Comet Ison is swinging around the sun today. It’s so close to perihelion it has made it onto both the LASCO and the SOHO solar viewers — the instruments we watch the sun with. (LASCO, means Large Angle and Spectrometric Coronagraph. SOHO is the Solar and Heliospheric Observatory).

Karl Battams writes:

…this is one of the more extraordinary astronomical events to happen in modern history, and we get to sit in our comfy chairs and watch a giant ball of 4.5 billion year old ice hurtle through the Sun’s million-degree outer atmosphere at 0.1% of the speed of light, 93-million miles away from us. Regardless of sizzle, fizzle, or a victorious reemergence, comet ISON’s perihelion is a truly spectacular event!

Late yesterday a coronal mass ejection at the same time as the comet approaches:

Current synopsis? A rollercoaster

Earlier today the experts thought it might break up, but then it became much brighter so quickly they think, maybe, it’s a sun-grazer and will survive. The word is that it will hit negative magnitude soon (which means, it’s very very bright). Of course — you can’t see how bright because it’s next to the sun (don’t look, don’t look*).
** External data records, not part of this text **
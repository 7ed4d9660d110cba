// The steps of a row as sets of states, one for each action and state.
ghost use Rattle.std.specs.Prelude.{◌≡◌, ℕ, false, ◌&&◌, ◌||◌};
ghost use Rattle.reader.specs.Row.{same_step};
ghost use Rattle.roster.specs.Moves.{in_chart, holds, Charted};

use crate::mask::{is_in, with};
use reader::{Row, Step};

// For each of the actions 0 to 32 and each of 64 states, the set of states to which a step leads. They stand in one
// plain array of 33 x 64 places, which is the layout that the project asks of charts, with no heap.
#[derive(Clone, Copy)]
pub struct Moves {
    sets: [u64; 2112],
}

impl Moves {
    // No step.
    fn none() -> Moves
        ensures { (p x q : ℕ) → holds result.sets p x q ≡ false }
    {
        Moves { sets: [0u64; 2112] }
    }

    // Takes in a step.
    fn put(&mut self, step: Step)
        ensures { (p x q : ℕ) → holds self.new.sets p x q ≡ (holds self.old.sets p x q || (in_chart p x q && same_step step (record { from = p; action = x; to = q }))) }
    {
        if step.from < 64 && step.action < 33 && step.to < 64 {
            let place = usize::from(step.action) * 64 + usize::from(step.from);
            self.sets[place] = with(self.sets[place], u32::from(step.to));
        }
    }

    // Whether there is a step.
    #[tactic(auto, unfolding(crate::specs::Moves::holds))]
    pub fn has(&self, from: u32, action: u32, to: u32) -> bool
        ensures { result ≡ holds self.now.sets from action to }
    {
        from < 64
            && action < 33
            && to < 64
            && is_in(self.sets[action as usize * 64 + from as usize], to)
    }

    // The steps that a row tells.
    pub fn of(row: &Row) -> Moves
        ensures { Charted row.now result.sets }
    {
        let mut moves = Moves::none();
        for step in row.listed() {
            moves.put(*step);
        }
        moves
    }
}
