// Whether a row keeps the limits and facts of a table.
ghost use Rattle.std.specs.Prelude.{◌≡◌, ◌≤◌, true, ◌↔◌};
ghost use Rattle.semantics.specs.System.{any};
ghost use Rattle.reader.specs.Row.{Facts};
ghost use Rattle.roster.specs.Rows.{keeps, limited, stray_step, stray_error};

use reader::Row;

// Whether the numbers of the row are within their limits.
fn is_limited(row: &Row) -> bool
    ensures { result ≡ limited row.now }
{
    (1..=64).contains(&row.states) && row.start < row.states && row.count <= 256
}

// Whether some step that the row tells does not go from a state to a state under an action of the row.
fn has_stray_step(row: &Row) -> bool
    requires { row.now.count ≤ 256 }
    ensures { result ≡ any (stray_step row.now) row.now.count }
{
    row.steps[..row.count].iter().any(|step| !row.fits(*step))
}

// Whether the row tells an error that is no state.
fn has_stray_error(row: &Row) -> bool
    ensures { result ≡ stray_error row.now }
{
    row.errors
        .iter()
        .skip(usize::from(row.states))
        .any(|told| *told)
}

// Whether the row keeps its limits and has no stray step and no stray error. With the three tests written out in
// `keeps_facts` the clause `says` there got no proof.
#[tactic(auto, unfolding(crate::specs::Rows::keeps))]
fn keeps_all(row: &Row) -> bool
    ensures { result ≡ keeps row.now }
{
    is_limited(row) && !has_stray_step(row) && !has_stray_error(row)
}

// Whether the row is one that a table may hold.
#[tactic(auto, using(crate::proofs::Tables::keeps_facts_lem))]
pub fn keeps_facts(row: &Row) -> bool
    ensures test { result ≡ keeps row.now }
    ensures says { (result ≡ true) ↔ Facts row.now }
{
    keeps_all(row)
}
Since entering the LASCO C3 field of view, comet ISON has increased by at least a factor of four, and indications are it may be closer to a factor of ten. In the most recently available images, the comet appears to be around magnitude +0.5.

It is now the opinion of the CIOC Team that Comet ISON is now behaving like a sungrazing comet. We can not comment on whether the nucleus is in tact or not, but our analyses indicate that its rate of brightening is directly in line with that we have experienced with other sungrazing comets. This has no implication on its chances of survival. — (Posted on the SOHO page quoting Comet ISON Observing Campaign.)
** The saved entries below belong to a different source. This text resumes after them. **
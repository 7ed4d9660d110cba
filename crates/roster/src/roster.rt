// Stations by number, and the questions that they answer.
ghost use Rattle.std.specs.Prelude.{◌≡◌};
ghost use Rattle.roster.specs.Meaning.{Meaning, Lawful, system_at, is_there};

use semantics::Way;

// A roster answers questions about station numbers. Each answer is fixed by what the roster means, for every number
// whatever, and no question changes anything. An absent station, and a state or an action that a station does not
// have, is answered by 0, no or none.
pub trait Roster {
    ghost meaning: { Self → Meaning };

    // How many numbers there are: stations stand at numbers below it.
    fn size(&self) -> u32
        ensures { result ≡ (meaning self.now).size };

    // Whether a station is there.
    fn is_there(&self, station: u32) -> bool
        ensures { result ≡ is_there (meaning self.now) station };

    // How many states it has.
    fn states(&self, station: u32) -> u32
        ensures { result ≡ (system_at (meaning self.now) station).states };

    // The state in which it starts.
    fn start(&self, station: u32) -> u32
        ensures { result ≡ (system_at (meaning self.now) station).start };

    // The way of an action.
    fn way(&self, station: u32, action: u32) -> Way
        ensures { result ≡ (system_at (meaning self.now) station).way action };

    // Whether a state is an error.
    fn is_error(&self, station: u32, state: u32) -> bool
        ensures { result ≡ (system_at (meaning self.now) station).error state };

    // Whether a step leads from a state under an action to a state; action 0 is internal.
    fn has_step(&self, station: u32, from: u32, action: u32, to: u32) -> bool
        ensures { result ≡ (system_at (meaning self.now) station).step from action to };

    // The two stations whose coupling it is, if it names them.
    fn parts(&self, station: u32) -> Option<(u32, u32)>
        ensures { result ≡ (meaning self.now).parts station };

    ghost keeps: { (r : Self) → Lawful (meaning r) };
}
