// What the first unit at a position of a binary decides, sextet by sextet or byte by byte: sizes, plain primitives, small groups and
// which table frames their items, and which of them stand one in the other; where indexed items stand, these; and what it decides with
// the unit behind it: small variable values.
#![tactic(auto)]

ghost use Rattle.std.specs.Prelude.{◌≡◌, ℕ, ◌+◌, ◌*◌, ◌/◌, ◌%◌, ◌<◌, length};
ghost use Rattle.format.specs.Units.{binary_sextets};
ghost use Rattle.runs.specs.Plain.{sized_at, plain_at, small_at, group_at, signed_at, marks_at, nested_at, unit_by};
ghost use Rattle.runs_value.specs.Values.{number_at, valued_at};
ghost use Rattle.runs_indexed.specs.Indexed.{indexed_at};
ghost use Rattle.runs_binary.specs.Bytes.{UnitBytes};

// The second sextet of a unit, and the third.
fn second(x: u8, y: u8) -> u8
    ensures { result ≡ x % 4 * 16 + y / 16 }
{
    x % 4 * 16 + y / 16
}

fn third(y: u8, z: u8) -> u8
    ensures { result ≡ y % 16 * 4 + z / 64 }
{
    y % 16 * 4 + z / 64
}

// The four sextets of the unit at a position.
#[derive(Clone, Copy)]
struct Sextets {
    a: u8,
    b: u8,
    c: u8,
    d: u8,
}

// Of which each rule of a first unit says what it says of the unit.
fn unit(s: &[u8], at: usize) -> Sextets
    requires { at < length s.now / 3 }
    ensures { (f : ℕ → ℕ → ℕ → ℕ → ℕ) → f result.a result.b result.c result.d ≡ unit_by f (binary_sextets s.now) at }
{
    let i = 3 * at;
    let x = s[i];
    let y = s[i + 1];
    let z = s[i + 2];
    Sextets {
        a: x / 4,
        b: second(x, y),
        c: third(y, z),
        d: z % 64,
    }
}

// The size in units of the item whose header is the unit at a position, or 0.
pub fn sized_binary(rows: &[u16; 192], s: &[u8], at: usize) -> usize
    ensures { result ≡ sized_at rows.now (binary_sextets s.now) at }
{
    if s.len() / 3 <= at {
        return 0;
    }
    let u = unit(s, at);
    runs::sized(rows, u.a, u.b, u.c, u.d)
}

// The same of a plain primitive.
pub fn plain_binary(rows: &[u16; 192], s: &[u8], at: usize) -> usize
    ensures { result ≡ plain_at rows.now (binary_sextets s.now) at }
{
    if s.len() / 3 <= at {
        return 0;
    }
    let u = unit(s, at);
    runs::plain(rows, u.a, u.b, u.c, u.d)
}

// The size of an indexed item, by its header, or 0.
pub fn indexed_binary(s: &[u8], at: usize) -> usize
    ensures { result ≡ indexed_at (binary_sextets s.now) at }
{
    if s.len() / 3 <= at {
        return 0;
    }
    let u = unit(s, at);
    runs_indexed::indexed(u.a, u.b, u.c, u.d)
}

// The three bytes of the unit at a position.
#[derive(Clone, Copy)]
struct Triplet {
    x: usize,
    y: usize,
    z: usize,
}

fn bytes(s: &[u8], at: usize) -> Triplet
    requires { at < length s.now / 3 }
    ensures { UnitBytes s.now at result.x result.y result.z }
{
    let i = 3 * at;
    Triplet {
        x: usize::from(s[i]),
        y: usize::from(s[i + 1]),
        z: usize::from(s[i + 2]),
    }
}

// The unit at a position as a number, byte by byte; 0 past the end.
fn number_binary(s: &[u8], at: usize) -> usize
    ensures { result ≡ number_at (binary_sextets s.now) at }
{
    if s.len() / 3 <= at {
        return 0;
    }
    let b = bytes(s, at);
    (b.x * 256 + b.y) * 256 + b.z
}

fn valued_in_binary(s: &[u8], at: usize) -> usize
    requires { at < length s.now / 3 }
    ensures { result ≡ valued_at (binary_sextets s.now) at }
{
    let v = number_binary(s, at + 1);
    let u = unit(s, at);
    runs_value::valued(v, u.a, u.b, u.c, u.d)
}

// The size of a small variable value, by its header and the unit behind it, or 0.
pub fn valued_binary(s: &[u8], at: usize) -> usize
    ensures { result ≡ valued_at (binary_sextets s.now) at }
{
    if s.len() / 3 <= at {
        return 0;
    }
    if runs_value::is_selector(s[3 * at] / 4) {
        valued_in_binary(s, at)
    } else {
        0
    }
}

// The count byte by byte, which saves steps.
fn small_in_binary(s: &[u8], at: usize) -> usize
    requires { at < length s.now / 3 }
    ensures { result ≡ small_at (binary_sextets s.now) at }
{
    let b = bytes(s, at);
    if runs_open::is_small(b.x / 4, b.x % 4 * 16 + b.y / 16) {
        1 + (b.y % 16 * 256 + b.z)
    } else {
        0
    }
}

// The same of a group whose items the master table frames.
fn group_in_binary(s: &[u8], at: usize) -> usize
    requires { at < length s.now / 3 }
    ensures { result ≡ group_at (binary_sextets s.now) at }
{
    let b = bytes(s, at);
    if runs_open::is_open(b.x / 4, b.x % 4 * 16 + b.y / 16) {
        1 + (b.y % 16 * 256 + b.z)
    } else {
        0
    }
}

// The size in units of the small group at a unit, whichever table frames its items, or 0.
pub fn small_binary(s: &[u8], at: usize) -> usize
    ensures { result ≡ small_at (binary_sextets s.now) at }
{
    if s.len() / 3 <= at {
        return 0;
    }
    small_in_binary(s, at)
}

// Whether the indexed table frames the items of the small group at a unit.
pub fn signed_binary(s: &[u8], at: usize) -> bool
    ensures { result ≡ signed_at (binary_sextets s.now) at }
{
    if s.len() / 3 <= at {
        return false;
    }
    runs_open::is_signed(usize::from(unit(s, at).b))
}

// Whether 7 is asked of its first item.
pub fn marks_binary(s: &[u8], at: usize) -> bool
    ensures { result ≡ marks_at (binary_sextets s.now) at }
{
    if s.len() / 3 <= at {
        return false;
    }
    unit(s, at).b < 3
}

// How many small groups whose items the master table frames, of so many at most, stand one in the other from a unit on, each all that is
// left up to another unit.
pub fn nested_binary(s: &[u8], at: usize, stop: usize, most: usize) -> usize
    ensures { result ≡ nested_at (group_at (binary_sextets s.now)) (length s.now / 3) stop most at }
{
    if s.len() / 3 < stop {
        return 0;
    }
    let all = stop.saturating_sub(at);
    let limit = all.min(most);
    for n in 0..limit {
        if group_in_binary(s, at + n) != all - n {
            return n;
        }
    }
    limit
}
UPDATE #1: No. Wait! It’s fading. Predictions it will not survive

I’m reluctantly thinking it seems very unlikely to survive at this point. I do think it will reach perihelion, and reach the NASA SDO field of view, but based on what I see it doing right now, I will be very surprised to see something of any consequence come out the other side….more

If you go to the SOHO site you can see the updates: Wow, just wow, look at these images!


Comet ISON has moved quite close to the sun in this image from ESA/NASA’s Solar and Heliospheric Observatory captured at 10:50 a.m. EST on Nov. 28, 2013. This image is a composite, with the sun imaged by NASA’s Solar Dynamics Observatory in the center, and SOHO showing the solar atmosphere, the corona. ESA&NASA/SOHO/SDO

(Click on the image to go to the Goddard Multimedia page for more updates).
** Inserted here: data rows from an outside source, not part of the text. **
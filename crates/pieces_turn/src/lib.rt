// One unit more of what is held and a piece behind it (02 f): it takes the state on, and an item's last unit gives its rows. Rows that do not fit
// are not stored.
#![tactic(auto)]

ghost use Rattle.std.specs.Prelude.{◌≡◌, ◌+◌, ◌≤◌};
ghost use Rattle.pieces_stage.specs.Stages.{far};
ghost use Rattle.pieces_turn.specs.Turns.{Able, Turned};

use pieces_stage::Stage;

// The state behind some units, and how many items and refusals they gave.
#[derive(Clone, Copy)]
pub struct Ran {
    pub stage: Stage,
    pub items: usize,
    pub refusals: usize,
}

// More than any count.
const FAR: usize = 2147483648;

// One more, or none.
fn with_few(j: usize, r: usize) -> usize
    requires { j ≤ far }
    ensures { r ≤ 1 → result ≡ j + r }
{
    if r == 0 { j } else { j + 1 }
}

// One unit more, behind i items and j refusals. Of a state that is not ready it is said only that the call returns.
pub fn turn(
    u: usize,
    slots: &mut [usize],
    g: Stage,
    q: [u8; 4],
    items: &mut [u8],
    refusals: &mut [u8],
    i: usize,
    j: usize,
) -> Ran
    ensures { Able u slots.old g i j → Turned u slots.old slots.new g q items.old items.new refusals.old refusals.new i j result }
{
    let next = pieces_step::step(slots, g, q);
    if !pieces_stage::is_whole(next) {
        return Ran {
            stage: next,
            items: i,
            refusals: j,
        };
    }
    if FAR < i {
        return Ran {
            stage: next,
            items: i,
            refusals: j,
        };
    }
    if FAR < j {
        return Ran {
            stage: next,
            items: i,
            refusals: j,
        };
    }
    let r = pieces_rows::put_rows(u, next, items, refusals, i, j);
    let stage = pieces_stage::told(next);
    Ran {
        stage,
        items: i + 1,
        refusals: with_few(j, r),
    }
}
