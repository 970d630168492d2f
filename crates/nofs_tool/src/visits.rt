//! One caller at work on the calling thread, beside the sweeps: a visit, a salvage, and the frames of a source.
pub(crate) mod salvage;
pub(crate) mod visit;
pub(crate) mod wire;
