//! How a run begins: its words, the mount that is made for them, and the line of what went wrong.
pub(crate) mod lines;
pub(crate) mod mounts;
pub(crate) mod words;
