//! The cells of some neighbouring pages.
//!
//! Promise: it lies within the cells of a file.
ghost use Rattle.std.specs.Prelude.{◌≡◌, ◌⊎◌, ◌+◌, ◌-◌, ◌*◌, ◌<◌, ◌≤◌, ℕ, IfOk, IsFalse, IsTrue, length, slice_index};
ghost use Rattle.std.specs.Prelude.{slice_range};
ghost use Rattle.nofs_disk.specs.Number.{put_bytes};

use crate::page::AREA_BYTES;
use nofs_disk::write_bytes_at;
use std::alloc::{AllocError, Global};
use std::mem;

/// How many pages a row has at most. A window of 66 cells has 22.
pub const ROW_PAGES: usize = 32;

/// How many bytes the cells of these pages have.
pub const ROW_AREA: usize = 101_376;

/// The cells of some pages.
#[derive(Drop)]
pub struct Row {
    /// The number of the first one.
    pub first: u64,
    /// How many there are.
    pub count: usize,
    pub bytes: Vec<u8>,
    ghost size: { length bytes.items ≡ 101376 },
    ghost most: { count ≤ 32 },
    ghost inside: { first + count ≤ 349526 },
    ghost small: { (k : ℕ) → slice_index bytes.items k < 256 },
}

/// So many zeros.
pub fn zeros(alloc: Global, count: usize) -> Result<Vec<u8>, AllocError>
    ensures len { IfOk result (λ bytes. length bytes.items ≡ count) }
    ensures small { IfOk result (λ bytes. (k : ℕ) → slice_index bytes.items k < 256) }
{
    vec![in alloc; 0u8; count]
}

// Copies the cells of a page.
fn copy_area(from: &[u8], at: usize, into: &mut [u8], to: usize)
    requires from { at + 3168 ≤ length from.now }
    requires into { to + 3168 ≤ length into.old }
    ensures { into.new ≡ put_bytes to (slice_range from.now at (at + 3168)) into.old }
{
    write_bytes_at(into, to, &from[at..at + AREA_BYTES]);
}

/// Puts some bytes at their place.
pub fn put_part(bytes: &mut Vec<u8>, at: usize, part: &[u8])
    requires { at + length part.now ≤ length bytes.old.items }
    ensures len { length bytes.new.items ≡ length bytes.old.items }
    ensures part { bytes.new.items ≡ put_bytes at part.now bytes.old.items }
    ensures small { (k : ℕ) → slice_index bytes.new.items k < 256 }
{
    write_bytes_at(bytes.as_mut_slice(), at, part);
}

// Bytes are below 256.
fn note_bytes(bytes: &Vec<u8>)
    ensures { (k : ℕ) → slice_index bytes.now.items k < 256 }
{}

impl Row {
    /// No page.
    pub fn new(alloc: Global) -> Result<Row, AllocError>
        ensures { IfOk result (λ row. row.count ≡ 0) }
    {
        Ok(Row {
            first: 0,
            count: 0,
            bytes: zeros(alloc, ROW_AREA)?,
        })
    }

    /// It has the cells of other pages now; what it had is handed back.
    pub fn turn(&mut self, first: u64, count: usize, areas: &mut Vec<u8>)
        requires size { length areas.old.items ≡ 101376 }
        requires most { count ≤ 32 }
        requires inside { first + count ≤ 349526 }
        ensures first { self.new.first ≡ first }
        ensures count { self.new.count ≡ count }
        ensures bytes { self.new.bytes.items ≡ areas.old.items }
        ensures back { areas.new.items ≡ self.old.bytes.items }
    {
        note_bytes(areas);
        mem::swap(&mut self.bytes, areas);
        self.first = first;
        self.count = count;
    }

    /// Puts some bytes among its cells.
    pub fn put(&mut self, at: usize, part: &[u8])
        requires { at + length part.now ≤ 3168 * self.old.count }
        ensures first { self.new.first ≡ self.old.first }
        ensures count { self.new.count ≡ self.old.count }
        ensures part { self.new.bytes.items ≡ put_bytes at part.now self.old.bytes.items }
    {
        put_part(&mut self.bytes, at, part);
    }

    /// Copies the cells of one of its pages to a place.
    pub fn copy(&self, number: u64, areas: &mut Vec<u8>, to: usize)
        requires low { self.now.first ≤ number }
        requires high { number < self.now.first + self.now.count }
        requires areas { to + 3168 ≤ length areas.old.items }
        ensures len { length areas.new.items ≡ length areas.old.items }
        ensures part { let at = 3168 * (number - self.now.first) in
            areas.new.items ≡ put_bytes to (slice_range self.now.bytes.items at (at + 3168)) areas.old.items }
    {
        let at = AREA_BYTES * (number - self.first) as usize;
        copy_area(self.bytes.as_slice(), at, areas.as_mut_slice(), to);
    }

    /// Whether it has a page.
    pub fn has(&self, number: u64) -> bool
        ensures yes { IsTrue result → (self.now.first ≤ number) × (number < self.now.first + self.now.count) }
        ensures no { IsFalse result → (number < self.now.first) ⊎ (self.now.first + self.now.count ≤ number) }
    {
        self.first <= number && number < self.first + self.count as u64
    }

    /// Whether it has none of some pages.
    pub fn is_apart(&self, first: u64, count: usize) -> bool
        requires { first + count ≤ 349526 }
        ensures { IsTrue result → (first + count ≤ self.now.first) ⊎ (self.now.first + self.now.count ≤ first) }
    {
        first + count as u64 <= self.first || self.first + self.count as u64 <= first
    }
}
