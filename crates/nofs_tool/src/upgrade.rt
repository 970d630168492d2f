//! Raising an image from version 1 to version 2.
//!
//! Promise: status 0 says that the version is 2, durably, and that the line was taken. No mount begins, so there is no
//! history.

ghost use Rattle.std.specs.Prelude.{◌≡◌, ◌⊎◌, [], None};
ghost use Rattle.nofs_disk.specs.Disk.{Rose};
ghost use Rattle.nofs_io.specs.Texts.{AppendsAll};
ghost use Rattle.nofs_tool.specs.Begin.Lines.{fixed_line};
ghost use Rattle.nofs_tool.specs.declared.begin.lines.FixedLine.TheVariants.{Upgraded as UpgradedLine};
ghost use Rattle.nofs_tool.specs.Runs.Says.{Prints};
ghost use Rattle.nofs_tool.specs.Runs.Said.{SaysUpgrade};
ghost use Rattle.nofs_tool.specs.Upgrade.{UpgradeEnds, upgrade_status as status_in};

use crate::begin::lines::{FixedLine, fixed_text, upgrade_text};
use crate::runs::outcomes::{Outcome, told_line};
use crate::runs::says::say;
use nofs_disk::Disk;
use nofs_io::Sink;
use nofs_super::MountFault;
use nofs_upgrade::{UpgradeFault, upgrade};

// The status that a refused upgrade ends the program with: 3 for the device, 7 for memory, else 4.
fn status_of(why: UpgradeFault) -> u8
    ensures { result ≡ status_in why }
{
    match why {
        UpgradeFault::Already => 4,
        UpgradeFault::Mount(MountFault::ReadFault) => 3,
        UpgradeFault::Mount(MountFault::WriteFault) => 3,
        UpgradeFault::Mount(MountFault::OutOfMemory) => 7,
        UpgradeFault::Mount(_) => 4,
    }
}

// The status after the line of an upgrade was written.
fn said<K: Sink>(sink: &mut K) -> u8
    ensures done { result ≡ 0 → AppendsAll (K.state sink.old) (K.state sink.new) (fixed_line UpgradedLine) }
    ensures says { Prints (K.state sink.old) (K.state sink.new) (fixed_line UpgradedLine) }
    ensures sink { result ≡ 5 → Rose (K.state sink.old).faults (K.state sink.new).faults }
    ensures named { (result ≡ 0) ⊎ (result ≡ 5) }
{
    match say(sink, fixed_text(FixedLine::Upgraded).as_bytes()) {
        Ok(()) => 0,
        Err(_) => 5,
    }
}

/// What comes of an upgrade.
pub(crate) fn upgrade_outcome<K: Sink, D: Disk + Drop>(sink: &mut K, disk: D) -> Outcome<D>
    ensures history { result.history ≡ None }
    ensures ends { UpgradeEnds (D.state disk) (D.state result.disk) (K.state sink.old)
        (K.state sink.new) result.status }
    ensures says { SaysUpgrade (D.state disk) (D.state result.disk) (K.state sink.old)
        (K.state sink.new) result.status }
    ensures silent { result.status ≡ 7 → AppendsAll (K.state sink.old) (K.state sink.new) [] }
{
    let mut disk = disk;
    match upgrade(&mut disk) {
        Ok(()) => Outcome {
            status: said(sink),
            disk,
            history: None,
        },
        Err(why) => told_line(sink, disk, status_of(why), upgrade_text(why)),
    }
}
I found this CIOC page particularly  interesting. There are a collection of sun-grazing comets some of which even go  slightly closer than Ison, but Ison is different, it’s not from the usual Kreutz group (which do 500-1000 year cycles). Instead it appears to be new.

… there is no formal definition of “sungrazing.” However, a logical distinction (and one that I am advocating for in a paper I am currently writing) is comets that come close enough to the Sun to be subject to tidal disruption. What is tidal disruption? It’s when an object (comet, asteroid, moon, etc.) is close enough to a larger body that the gravitational tug on the near side of the object is so much stronger than the gravitational tug on the far side of the object that the object becomes elongated and eventually pulled apart. Astronomers call the distance at which this occurs the Roche limit. The exact distance depends on a comet’s density, but for typical comet densities is ~3.7 solar radii (0.017 AU).

How is this, back in 1680, The Great Comet was observed so well, that a reasonably reliable orbit could be calculated for it, and evidently that showed it was not a new comet but on a regular lap.

Ison is new. It was discovered last year:

Comet C/2012 S1 (ISON) was discovered on September 21, 2012 by astronomers Artyom Novichonok and Vitali Nevski, using a 16-inch telescope that is part of the International Scientific Optical Network (“ISON”), and after which the comet was named.

Could be some astronomers up late tonight … (or not). Sigh.


*I know you know that, but I have to say it.

1AU = The average distance from the Sun to Earth.